▶ _WHAT NEEDS TO BE DONE_
The required output is every entry below, copied exactly.

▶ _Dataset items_
━━━━━━━━━━━━━━━━━━━━

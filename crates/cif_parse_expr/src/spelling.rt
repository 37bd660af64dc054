//! What a token of a text is spelled.

ghost use Rattle.std.specs.Prelude.{◌≡◌, take, drop};
ghost use Rattle.cif_parse_expr.specs.Spelling as spelling;
ghost use Rattle.cif_lex.specs.Tokens as tokens;

use cif_lex::{Token, small_number};

/// The bytes from a place on.
#[tactic(auto, using(std::proofs::lemmas::List::drop_all))]
fn from_on(text: &[u8], from: usize) -> &[u8]
    ensures { result.now ≡ drop from text.now }
{
    if from < text.len() {
        &text[from..]
    } else {
        &[]
    }
}

/// So many bytes at the front.
#[tactic(auto, using(std::proofs::lemmas::List::take_all))]
fn front(text: &[u8], size: usize) -> &[u8]
    ensures { result.now ≡ take size text.now }
{
    if size < text.len() {
        &text[..size]
    } else {
        text
    }
}

/// The bytes of a token, those that the text has.
#[tactic(auto, unfolding(crate::specs::Spelling::bytes_of))]
fn bytes_of<'a>(text: &'a [u8], token: &Token) -> &'a [u8]
    ensures { result.now ≡ spelling.bytes_of text.now token.now }
{
    let span = token.span;
    front(
        from_on(text, span.from as usize),
        span.to.saturating_sub(span.from) as usize,
    )
}

fn without_dollar(bytes: &[u8]) -> &[u8]
    ensures { result.now ≡ spelling.without_dollar bytes.now }
{
    match bytes {
        [b'$', rest @ ..] => rest,
        _ => bytes,
    }
}

/// An identifier without the `$` that may stand before it.
#[tactic(auto, unfolding(crate::specs::Spelling::spelling))]
pub fn spelling<'a>(text: &'a [u8], token: &Token) -> &'a [u8]
    ensures { result.now ≡ spelling.spelling text.now token.now }
{
    without_dollar(bytes_of(text, token))
}

/// The number that a token stands for; `None` where it is too great.
pub fn value(text: &[u8], token: &Token) -> Option<u32>
    ensures { result ≡ tokens.small_number (spelling.bytes_of text.now token.now) }
{
    small_number(bytes_of(text, token))
}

━━━━━━━━━━━━━━━━━━━━

▶ _ANSWER TO THE EXERCISE_
filename crates/cif_parse_expr/src/spelling.rt
repository 37bd660af64dc054
//! What a token of a text is spelled.

ghost use Rattle.std.specs.Prelude.{◌≡◌, take, drop};
ghost use Rattle.cif_parse_expr.specs.Spelling as spelling;
ghost use Rattle.cif_lex.specs.Tokens as tokens;

use cif_lex::{Token, small_number};

/// The bytes from a place on.
#[tactic(auto, using(std::proofs::lemmas::List::drop_all))]
fn from_on(text: &[u8], from: usize) -> &[u8]
    ensures { result.now ≡ drop from text.now }
{
    if from < text.len() {
        &text[from..]
    } else {
        &[]
    }
}

/// So many bytes at the front.
#[tactic(auto, using(std::proofs::lemmas::List::take_all))]
fn front(text: &[u8], size: usize) -> &[u8]
    ensures { result.now ≡ take size text.now }
{
    if size < text.len() {
        &text[..size]
    } else {
        text
    }
}

/// The bytes of a token, those that the text has.
#[tactic(auto, unfolding(crate::specs::Spelling::bytes_of))]
fn bytes_of<'a>(text: &'a [u8], token: &Token) -> &'a [u8]
    ensures { result.now ≡ spelling.bytes_of text.now token.now }
{
    let span = token.span;
    front(
        from_on(text, span.from as usize),
        span.to.saturating_sub(span.from) as usize,
    )
}

fn without_dollar(bytes: &[u8]) -> &[u8]
    ensures { result.now ≡ spelling.without_dollar bytes.now }
{
    match bytes {
        [b'$', rest @ ..] => rest,
        _ => bytes,
    }
}

/// An identifier without the `$` that may stand before it.
#[tactic(auto, unfolding(crate::specs::Spelling::spelling))]
pub fn spelling<'a>(text: &'a [u8], token: &Token) -> &'a [u8]
    ensures { result.now ≡ spelling.spelling text.now token.now }
{
    without_dollar(bytes_of(text, token))
}

/// The number that a token stands for; `None` where it is too great.
pub fn value(text: &[u8], token: &Token) -> Option<u32>
    ensures { result ≡ tokens.small_number (spelling.bytes_of text.now token.now) }
{
    small_number(bytes_of(text, token))
}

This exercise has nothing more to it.